→ **Collected data**
= = = =

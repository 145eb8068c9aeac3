//! The whole of an input.

ghost use Rattle.std.specs.Prelude.{◌≡◌, ℕ, ◌+◌, ◌<◌, ◌≤◌, ◌++◌, List, IfOk, OnOk, IsErr, IfSome, vec_len, length, Some, Ok, Err, true};
ghost use Rattle.std.specs.Io.KnownBytes.{Consumes, IsAtEnd};
ghost use Rattle.om_text.specs.Errors.{read_error_text};
ghost use Rattle.om_text.specs.declared.text.ReadError.TheVariants.{Memory};

use std::alloc::{AllocError, Global};
use std::error::Error;
use std::fmt;
use std::io::{ErrorKind, Read};

/// At most so many bytes are read of an input.
pub const MAX_BYTES: usize = 16_777_216;

/// At most so many times a reader is asked for bytes.
pub const MAX_TURNS: u32 = 33_554_432;

// How many bytes a reader is asked for at a time.
const CHUNK_BYTES: usize = 65_536;

/// Why an input was not read.
#[derive(Clone, Copy, Debug, PartialEq, Eq, Hash)]
pub enum ReadError {
    /// It has more than `MAX_BYTES` bytes.
    TooLong,
    /// The reader refused, or did not come to its end in `MAX_TURNS` turns.
    CannotRead,
    Memory,
}

impl fmt::Display for ReadError {
    ghost output = { λ error. Some (read_error_text error) };

    fn fmt<W: fmt::Write>(&self, f: &mut fmt::Formatter<W>) -> fmt::Result {
        f.write_str(match self {
            ReadError::TooLong => "too long",
            ReadError::CannotRead => "cannot read",
            ReadError::Memory => "no memory",
        })
    }
}

impl Error for ReadError {}

impl From<AllocError> for ReadError {
    ghost from_gives = { λ _ error. error ≡ Memory };

    fn from(_e: AllocError) -> ReadError {
        ReadError::Memory
    }
}

/// Reads an input to its end. A read that is interrupted is tried again. Which of its bytes a reader
/// has left after an error is open.
pub fn read_text<R: Read>(alloc: Global, reader: &mut R) -> Result<Vec<u8>, ReadError>
    ensures whole { IfSome (R.remaining reader.old) (λ bytes.
        IfOk result (λ text. text.items ≡ bytes)) }
    ensures ended { OnOk result (IsAtEnd (R.remaining reader.new)) }
    ensures within { IfOk result (λ text. vec_len text ≤ MAX_BYTES) }
    ensures longer_is_refused { IfSome (R.remaining reader.old) (λ bytes.
        MAX_BYTES < length bytes → IsErr result) }
    ensures too_long_only_where_longer { IfSome (R.remaining reader.old) (λ bytes.
        result ≡ Err ReadError.TooLong → MAX_BYTES < length bytes) }
{
    let mut text = Vec::new(alloc);
    let mut chunk = zeros(alloc, CHUNK_BYTES)?;
    let chunk = chunk.as_mut_slice();
    for _ in 0..MAX_TURNS {
        if read_more(reader, chunk, &mut text)? {
            return Ok(text);
        }
    }
    Err(ReadError::CannotRead)
}

// Reads into the chunk, and puts what came at the end of the text. Answers whether the input has ended.
fn read_more<R: Read>(
    reader: &mut R,
    chunk: &mut [u8],
    text: &mut Vec<u8>,
) -> Result<bool, ReadError>
    requires room { 0 < length chunk.old }
    requires within { vec_len text.old ≤ MAX_BYTES }
    ensures within { vec_len text.new ≤ MAX_BYTES }
    ensures appended { OnOk result ((bytes : List ℕ)
        × (text.new.items ≡ text.old.items ++ bytes)
        × Consumes (R.remaining reader.old) (R.remaining reader.new) bytes) }
    ensures ended { result ≡ Ok true → IsAtEnd (R.remaining reader.new) }
    ensures too_long { result ≡ Err ReadError.TooLong → ((bytes : List ℕ)
        × (MAX_BYTES < vec_len text.old + length bytes)
        × Consumes (R.remaining reader.old) (R.remaining reader.new) bytes) }
{
    let count = match reader.read(chunk) {
        Ok(count) => count,
        Err(e) if e.kind() == ErrorKind::Interrupted => return Ok(false),
        Err(_) => return Err(ReadError::CannotRead),
    };
    if count > MAX_BYTES - text.len() {
        return Err(ReadError::TooLong);
    }
    text.extend_from_slice(&chunk[..count])?;
    Ok(count == 0)
}

fn zeros(alloc: Global, count: usize) -> Result<Vec<u8>, AllocError>
    ensures { IfOk result (λ bytes. vec_len bytes ≡ count) }
{
    vec![in alloc; 0; count]
}
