// A week's file for C.
ghost use Rattle.refusal.specs.Paper.{map};
ghost use Rattle.week.specs.Rules.{table_of, package_at, week_of, package_of};
ghost use Rattle.wardrail.specs.Said.{Tells};
ghost use Rattle.wardrail.specs.Weeks.{week_detail, package_detail};

// Reads a week's file. `detail` becomes how many packages there are, and the sums of their files and of their bytes.
#[unsafe(no_mangle)]
pub extern "C" fn wardrail_week(file: &[u8], detail: &mut [u64; 3]) -> u64
    ensures { Tells (map week_detail (week_of file.now)) detail.old result detail.new }
{
    wardrail::weeks::wardrail_week(file, detail)
}

// Package `number` of a week's file. `detail` becomes first byte and length of its hash in the table and of its body, how
// many files it has, and their bytes.
#[unsafe(no_mangle)]
pub extern "C" fn wardrail_week_package(file: &[u8], number: usize, detail: &mut [u64; 6]) -> u64
    ensures { Tells (map package_detail (package_of file.now number)) detail.old result detail.new }
{
    wardrail::weeks::wardrail_week_package(file, number, detail)
}

// Checks the table of a week's file. `detail` becomes how many packages there are.
#[unsafe(no_mangle)]
pub extern "C" fn wardrail_week_table(file: &[u8], detail: &mut u64) -> u64
    ensures { Tells (table_of file.now) detail.old result detail.new }
{
    wardrail::weeks::wardrail_week_table(file, detail)
}

// Package `number` of any file by its own entry, to walk over all packages and read each body once.
#[unsafe(no_mangle)]
pub extern "C" fn wardrail_week_package_at(file: &[u8], number: usize, detail: &mut [u64; 6]) -> u64
    ensures { Tells (map package_detail (package_at file.now number)) detail.old result detail.new }
{
    wardrail::weeks::wardrail_week_package_at(file, number, detail)
}
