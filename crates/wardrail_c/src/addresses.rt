// The tracker's address for a torrent by a sheet, for C.
ghost use Rattle.sheets.specs.Reading.{find_of};
ghost use Rattle.wardrail.specs.Addresses.{TellsOf};

// The tracker's address for a torrent by a sheet. `detail` becomes 1 where it stands in the torrent or 2 in the sheet, and its first byte and
// length there. The word of a refusal of the sheet has its top bit set.
#[unsafe(no_mangle)]
pub extern "C" fn wardrail_address(torrent: &[u8], sheet: &[u8], detail: &mut [u64; 3]) -> u64
    ensures { TellsOf (find_of torrent.now sheet.now) detail.old result detail.new }
{
    wardrail::addresses::wardrail_address(torrent, sheet, detail)
}
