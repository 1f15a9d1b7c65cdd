// Magnet links, read for C.
ghost use Rattle.links.specs.Reading.{left_of};
ghost use Rattle.wardrail.specs.Magnets.{ReadTo};

// Reads a link into `hash`, `name` and `address`. `detail` becomes, of name and of address, 1 where it is given and 0 where it is not, and
// how many bytes it has.
#[unsafe(no_mangle)]
pub extern "C" fn wardrail_link(
    text: &[u8],
    hash: &mut [u8; 20],
    name: &mut [u8],
    address: &mut [u8],
    detail: &mut [u64; 4],
) -> u64
    ensures { ReadTo (left_of text.now hash.old name.old address.old) detail.old result detail.new hash.new name.new address.new }
{
    wardrail::magnets::wardrail_link(text, hash, name, address, detail)
}
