// Torrents for C.
ghost use Rattle.refusal.specs.Paper.{map};
ghost use Rattle.torrent_metainfo.specs.Reading.{read_of};
ghost use Rattle.torrent_metainfo.specs.Hashes.{info_hash_of};
ghost use Rattle.wardrail.specs.Said.{Tells};
ghost use Rattle.wardrail.specs.Torrents.{torrent_detail};
ghost use Rattle.wardrail.specs.Hashing.{Digested};

// Reads a torrent. `detail` becomes the first byte and the length of announce, info, name and pieces, the piece length,
// how many pieces, 1 for a single file or else 0, the place of length or files, how many files, and the total.
#[unsafe(no_mangle)]
pub extern "C" fn wardrail_torrent(text: &[u8], detail: &mut [u64; 14]) -> u64
    ensures { Tells (map torrent_detail (read_of text.now)) detail.old result detail.new }
{
    wardrail::torrents::wardrail_torrent(text, detail)
}

// Writes the info hash; a refusal leaves `digest` as it was.
#[unsafe(no_mangle)]
pub extern "C" fn wardrail_info_hash(text: &[u8], digest: &mut [u8; 20]) -> u64
    ensures { Digested (info_hash_of text.now digest.old) result digest.new }
{
    wardrail::torrents::wardrail_info_hash(text, digest)
}
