// An entry of a tracker's reply by its number, for C.
ghost use Rattle.refusal.specs.Paper.{then, map};
ghost use Rattle.tracker.specs.Reply.{reply_of, nth_of};
ghost use Rattle.wardrail.specs.Said.{Tells};
ghost use Rattle.wardrail.specs.Peers.{peer_detail};

// Entry number `number` of a reply. `detail` becomes 2, its four bytes of address and its port; or 3, first byte and
// length of its peer id and of its ip, and its port.
#[unsafe(no_mangle)]
pub extern "C" fn wardrail_peer(text: &[u8], number: usize, detail: &mut [u64; 6]) -> u64
    ensures { Tells (map peer_detail (then (reply_of text.now) (nth_of number))) detail.old result detail.new }
{
    wardrail::peers::wardrail_peer(text, number, detail)
}
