// Files, paths and pieces of a torrent for C.
ghost use Rattle.refusal.specs.Paper.{map};
ghost use Rattle.torrent_metainfo.specs.Reading.{file_at};
ghost use Rattle.torrent_contents.specs.Files.{entry_of};
ghost use Rattle.torrent_contents.specs.Paths.{element_of};
ghost use Rattle.torrent_contents.specs.Pieces.{hash_of, check_of};
ghost use Rattle.wardrail.specs.Said.{Tells};
ghost use Rattle.wardrail.specs.Files.{file_detail, walked_detail, element_detail, part_detail, yes_detail};

// File number `number` of a torrent. `detail` becomes where it starts in the joined content, its length, the place of its
// path's first element, and 1 for a single file, whose name begins at that place, or else 0.
#[unsafe(no_mangle)]
pub extern "C" fn wardrail_file(text: &[u8], number: usize, detail: &mut [u64; 4]) -> u64
    ensures { Tells (map file_detail (entry_of text.now number)) detail.old result detail.new }
{
    wardrail::files::wardrail_file(text, number, detail)
}

// The file of many at a place, to walk all of them in one pass. `detail` becomes its length, the place of its path's first
// element, and the place past it, where the next stands.
#[unsafe(no_mangle)]
pub extern "C" fn wardrail_file_at(text: &[u8], at: usize, detail: &mut [u64; 3]) -> u64
    ensures { Tells (map walked_detail (file_at text.now at)) detail.old result detail.new }
{
    wardrail::files::wardrail_file_at(text, at, detail)
}

// The element of a path at a place. `detail` becomes 1, its first byte and length, and the place of the next; or 0, 0, 0
// and the place past the path.
#[unsafe(no_mangle)]
pub extern "C" fn wardrail_element_at(text: &[u8], at: usize, detail: &mut [u64; 4]) -> u64
    ensures { Tells (map element_detail (element_of text.now at)) detail.old result detail.new }
{
    wardrail::files::wardrail_element_at(text, at, detail)
}

// The 20 bytes of a piece's hash, by first byte and length.
#[unsafe(no_mangle)]
pub extern "C" fn wardrail_piece_hash(text: &[u8], piece: u32, detail: &mut [u64; 2]) -> u64
    ensures { Tells (map part_detail (hash_of text.now piece)) detail.old result detail.new }
{
    wardrail::files::wardrail_piece_hash(text, piece, detail)
}

// Whether these are the bytes of a piece. `detail` becomes 1 for yes and 0 for no.
#[unsafe(no_mangle)]
pub extern "C" fn wardrail_piece_check(
    text: &[u8],
    piece: u32,
    bytes: &[u8],
    detail: &mut u64,
) -> u64
    ensures { Tells (map yes_detail (check_of text.now piece bytes.now)) detail.old result detail.new }
{
    wardrail::files::wardrail_piece_check(text, piece, bytes, detail)
}
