// Frames and handshakes for C, read from the start of lent bytes. A wait is answered by 255, and leaves `detail` too.
ghost use Rattle.peer_wire.specs.Frames.{read_of};
ghost use Rattle.peer_wire.specs.Handshake.{shake_of};
ghost use Rattle.wardrail.specs.Said.{Tells};
ghost use Rattle.wardrail.specs.Frames.{frame_told, shake_told};

// The frame at the start of the bytes. `detail` becomes 1 for a keepalive or 2 for another frame; how many bytes it used;
// its id; its piece, begin and length; first byte and length of its bitfield, block or unknown payload. What a frame does
// not have is 0.
#[unsafe(no_mangle)]
pub extern "C" fn wardrail_frame(bytes: &[u8], detail: &mut [u64; 8]) -> u64
    ensures { Tells (frame_told (read_of bytes.now)) detail.old result detail.new }
{
    wardrail::frames::wardrail_frame(bytes, detail)
}

// The handshake at the start of the bytes, for an info hash. `detail` becomes how many bytes it used, and first byte and
// length of the free bytes and of the peer id.
#[unsafe(no_mangle)]
pub extern "C" fn wardrail_handshake(bytes: &[u8], info: &[u8; 20], detail: &mut [u64; 5]) -> u64
    ensures { Tells (shake_told (shake_of info.now bytes.now)) detail.old result detail.new }
{
    wardrail::frames::wardrail_handshake(bytes, info, detail)
}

= = = =

→ **DIRECTIONS**
Print the first line of the records above and each line after it, exactly, through the line with "was not read.".

→ **TASK ANSWER**
repository 145eb8068c9aeac3
//! The whole of an input.

ghost use Rattle.std.specs.Prelude.{◌≡◌, ℕ, ◌+◌, ◌<◌, ◌≤◌, ◌++◌, List, IfOk, OnOk, IsErr, IfSome, vec_len, length, Some, Ok, Err, true};
ghost use Rattle.std.specs.Io.KnownBytes.{Consumes, IsAtEnd};
ghost use Rattle.om_text.specs.Errors.{read_error_text};
ghost use Rattle.om_text.specs.declared.text.ReadError.TheVariants.{Memory};

use std::alloc::{AllocError, Global};
use std::error::Error;
use std::fmt;
use std::io::{ErrorKind, Read};

/// At most so many bytes are read of an input.
pub const MAX_BYTES: usize = 16_777_216;

/// At most so many times a reader is asked for bytes.
pub const MAX_TURNS: u32 = 33_554_432;

// How many bytes a reader is asked for at a time.
const CHUNK_BYTES: usize = 65_536;

/// Why an input was not read.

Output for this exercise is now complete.